//! The cells of a rectangle by their numbers, row by row.
ghost use Rattle.std.specs.Prelude.{◌≡◌, ◌<◌, ◌≤◌};
ghost use Rattle.bt_parts.specs.Cells.{IsInside};
ghost use Rattle.bt_model.specs.Requests.{IsGrid};
ghost use Rattle.bt_place.specs.inner.Grid.{spots_in, spot_in, cell_numbered, TellsAhead};

use bt_parts::{Cell, Dir, Rect, inside};

/// The number of cells of the rectangle.
pub(crate) fn spots(rect: Rect) -> usize
    requires { IsGrid rect }
    ensures spots { result ≡ spots_in rect }
    ensures few { result ≤ 25600 }
{
    rect.width as usize * rect.height as usize
}

/// The number of a cell of the rectangle.
fn spot(rect: Rect, cell: Cell) -> usize
    requires grid { IsGrid rect }
    requires inside { IsInside rect cell }
    ensures { result ≡ spot_in rect cell }
{
    cell.y.unsigned_abs() as usize * rect.width as usize + cell.x.unsigned_abs() as usize
}

/// The cell with this number.
pub(crate) fn cell_of(rect: Rect, i: usize) -> Cell
    requires grid { IsGrid rect }
    requires within { i < spots_in rect }
    ensures { result ≡ cell_numbered rect i }
{
    let width = rect.width as usize;
    Cell {
        x: (i % width) as i32,
        y: (i / width) as i32,
    }
}

/// The number of the cell at this distance in front of this one; none where that is outside.
pub(crate) fn ahead(rect: Rect, i: usize, dir: Dir, distance: u32) -> Option<usize>
    requires grid { IsGrid rect }
    requires within { i < spots_in rect }
    requires near { distance ≤ 11 }
    ensures { TellsAhead rect (cell_numbered rect i) dir distance result }
{
    let there = cell_of(rect, i).ahead(dir, distance);
    if inside(&rect, there) {
        Some(spot(rect, there))
    } else {
        None
    }
}
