//! From which splitters those of a network come, and to which they lead.
use bt_model::Request;
use bt_net::{Edge, Net, Start};
use hint_numbering::{from, joined, to};
use std::alloc::{AllocError, Global};

/// The splitters beside one, in the direction of its edges or against it.
#[derive(Clone, Copy, PartialEq, Eq)]
pub struct Beside {
    first: Option<usize>,
    second: Option<usize>,
}

/// No splitters.
const NONE: Beside = Beside {
    first: None,
    second: None,
};

impl Beside {
    /// These and one more. A third one takes the second's place.
    fn with(self, splitter: usize) -> Beside {
        match self.first {
            None => Beside {
                first: Some(splitter),
                second: None,
            },
            Some(_) => Beside {
                first: self.first,
                second: Some(splitter),
            },
        }
    }

    /// Both, in ascending order, where there are two.
    pub fn both(self) -> Option<(usize, usize)> {
        match (self.first, self.second) {
            (Some(one), Some(other)) => Some((one.min(other), one.max(other))),
            _ => None,
        }
    }
}

/// The splitters beside each one of a network, but for the edges that lead back.
#[derive(Drop)]
pub struct Wiring {
    /// Those that it comes from.
    pub before: Vec<Beside>,
    /// Those that it leads to.
    pub behind: Vec<Beside>,
    /// A splitter with an input.
    pub first: Option<usize>,
    /// The edges that lead back: all that don't lead from one rank to the next.
    pub loops: Vec<Edge>,
}

/// How far splitters that no end comes to are from the ends.
const NOWHERE: usize = usize::MAX;

/// Both splitters beside one, in ascending order, where there are two.
pub fn both_at(beside: &[Beside], splitter: usize) -> Option<(usize, usize)> {
    match beside.get(splitter) {
        Some(pair) => pair.both(),
        None => None,
    }
}

/// Adds a splitter to those beside another.
fn add(beside: &mut [Beside], splitter: usize, other: usize) {
    if let Some(pair) = beside.get_mut(splitter) {
        *pair = pair.with(other);
    }
}

/// To which ends distances are told.
#[derive(Clone, Copy)]
enum Toward {
    Inputs,
    Outputs,
}

impl Toward {
    /// The splitter of which an edge tells how far it is, and the next one on the way, or none where that is an end.
    /// None where the edge has no such splitter.
    fn step(self, edge: &Edge) -> Option<(usize, Option<usize>)> {
        match self {
            Toward::Inputs => Some((to(edge)?, from(edge))),
            Toward::Outputs => Some((from(edge)?, to(edge))),
        }
    }
}

/// What is known of the distance of a splitter; `NOWHERE` where nothing is.
fn distance(distances: &[usize], splitter: usize) -> usize {
    distances.get(splitter).copied().unwrap_or(NOWHERE)
}

/// Lowers the distance that is known of a splitter, where the way along this edge is shorter.
fn shorten(distances: &mut [usize], toward: Toward, edge: &Edge) {
    if let Some((splitter, next)) = toward.step(edge) {
        let over = match next {
            Some(other) => distance(distances, other).saturating_add(1),
            None => 0,
        };
        if let Some(least) = distances.get_mut(splitter) {
            *least = over.min(*least);
        }
    }
}

/// How many splitters lie between each splitter and the nearest end, where they are fewer than `most`; else at least
/// `most`.
fn distances_of(
    alloc: Global,
    net: &Net,
    toward: Toward,
    most: usize,
) -> Result<Vec<usize>, AllocError> {
    let mut distances = vec![in alloc; NOWHERE; net.splitters() as usize]?;
    for _ in 0..most {
        for edge in net.edges() {
            shorten(&mut distances, toward, edge);
        }
    }
    Ok(distances)
}

/// The rank of each splitter of a network with so many ranks, from the inputs on. A way to an end along an edge that leads
/// back is longer than all ranks, so a distance that is shorter is true; where neither is, the splitter has no rank.
fn ranks_of(alloc: Global, net: &Net, ranks: usize) -> Result<Vec<usize>, AllocError> {
    let mut found = distances_of(alloc, net, Toward::Inputs, ranks)?;
    let behind = distances_of(alloc, net, Toward::Outputs, ranks)?;
    for (rank, after) in found.iter_mut().zip(behind.iter()) {
        if *rank >= ranks {
            *rank = match ranks.checked_sub(1) {
                Some(last) => last.checked_sub(*after).unwrap_or(NOWHERE),
                None => NOWHERE,
            };
        }
    }
    Ok(found)
}

/// Notes an edge that joins two splitters: with them where it leads from one rank to the next, else as one that leads
/// back. The first edge from an input to a splitter tells the splitter that has one.
fn add_edge(wiring: &mut Wiring, ranks: &[usize], edge: &Edge) -> Result<(), AllocError> {
    if let Some((from, to)) = joined(edge) {
        if distance(ranks, from).saturating_add(1) == distance(ranks, to) {
            add(&mut wiring.behind, from, to);
            add(&mut wiring.before, to, from);
        } else {
            wiring.loops.push(*edge)?;
        }
    }
    if let (Start::Input(_), Some(splitter), None) = (edge.start, to(edge), wiring.first) {
        wiring.first = Some(splitter);
    }
    Ok(())
}

/// The splitters beside each one of a request's network that may have so many ranks.
pub fn wiring_of(alloc: Global, request: &Request, ranks: usize) -> Result<Wiring, AllocError> {
    let net = request.net();
    let count = net.splitters() as usize;
    let levels = ranks_of(alloc, net, ranks)?;
    let mut wiring = Wiring {
        before: vec![in alloc; NONE; count]?,
        behind: vec![in alloc; NONE; count]?,
        first: None,
        loops: Vec::new(alloc),
    };
    for edge in net.edges() {
        add_edge(&mut wiring, &levels, edge)?;
    }
    Ok(wiring)
}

WHAT IS BEING ASKED:
Report each line in the data above that holds the word "specs" by copying it.

EXERCISE RESULT:
ghost use Rattle.std.specs.Prelude.{◌≡◌, ◌<◌, ◌≤◌};
ghost use Rattle.bt_parts.specs.Cells.{IsInside};
ghost use Rattle.bt_model.specs.Requests.{IsGrid};
ghost use Rattle.bt_place.specs.inner.Grid.{spots_in, spot_in, cell_numbered, TellsAhead};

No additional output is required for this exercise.